Reverend Clarence James, a Black minister based in Chicago said he definitely believes the president’s move is going to hurt him among African-American voters, many of whom oppose same sex marriage.
“Many of us oppose this in every form and may decide to vote against the president because of this,” James said. “From a medical and psychological point of view homosexuality is a mental illness; for male homosexuals anal sex is medically dangerous. The president is coming at this as a civil rights issue but there is no correlation even though the homosexual community is trying to make it one. The Civil Rights Movement was about freedom and equal rights, this is a moral issue. For the president and other elected officials it’s easier to go along with popular opinion rather than to do what’s right.”
But some members of the African-American clergy have a different point of view regarding this issue. They believe the African-American community should find ways to address same sex relationships and that there can be reconciliation between sex and spirituality.

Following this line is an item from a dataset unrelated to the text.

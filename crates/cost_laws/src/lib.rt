// Theorems only: what a recipe costs, whatever the order of its pairs.
#![tactic(auto)]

“If every gay person in our church just left or those who have an orientation or preference or an inclination, or a fantasy, if everyone left, we wouldn’t have — we wouldn’t have a church,” said Bishop Carlton Pearson who heads Chicago’s New Dimensions Ministries in a published report. “Homophobia is hardly unique to the African-American community. It’s a social malady that’s due largely to the influence of fear based-theologies, particularly fundamentalist Christianity, Islam and Judaism, all of which grow out of the Abrahamic tradition. The African-American church has traditionally used a kind of ‘don’t ask don’t tell’ approach toward homosexuality.”
Dr. Janice Hollis who heads Progressive Believer’s said the African-American community should look at the president’s record not just on this issue but on others and determine if the quality of their lives has improved.
“I think it’s an insult for the president to intellectualize on morality as if the Church doesn’t already have a mandate from God on this,” she said. “This is a political move and even though he may not see it, he’s only a fleeting moment in history; God has always been there. I think the president is promoting a way of life that deters people away from the Word of God.”
Reverend Bill Owens, a minister with the Church of God in Christ (COGIC) and who is based in Memphis, Tennessee, said there’s no doubt that the president’s endorsement of same sex marriage is going to hurt him among Black voters.
“Absolutely it will and especially among the Black churches where the conviction against same sex marriage is so strong,” Owens said. “I think many Black Christians feel somewhat betrayed by the president on this — this is something that Black churches have always stood firmly against.”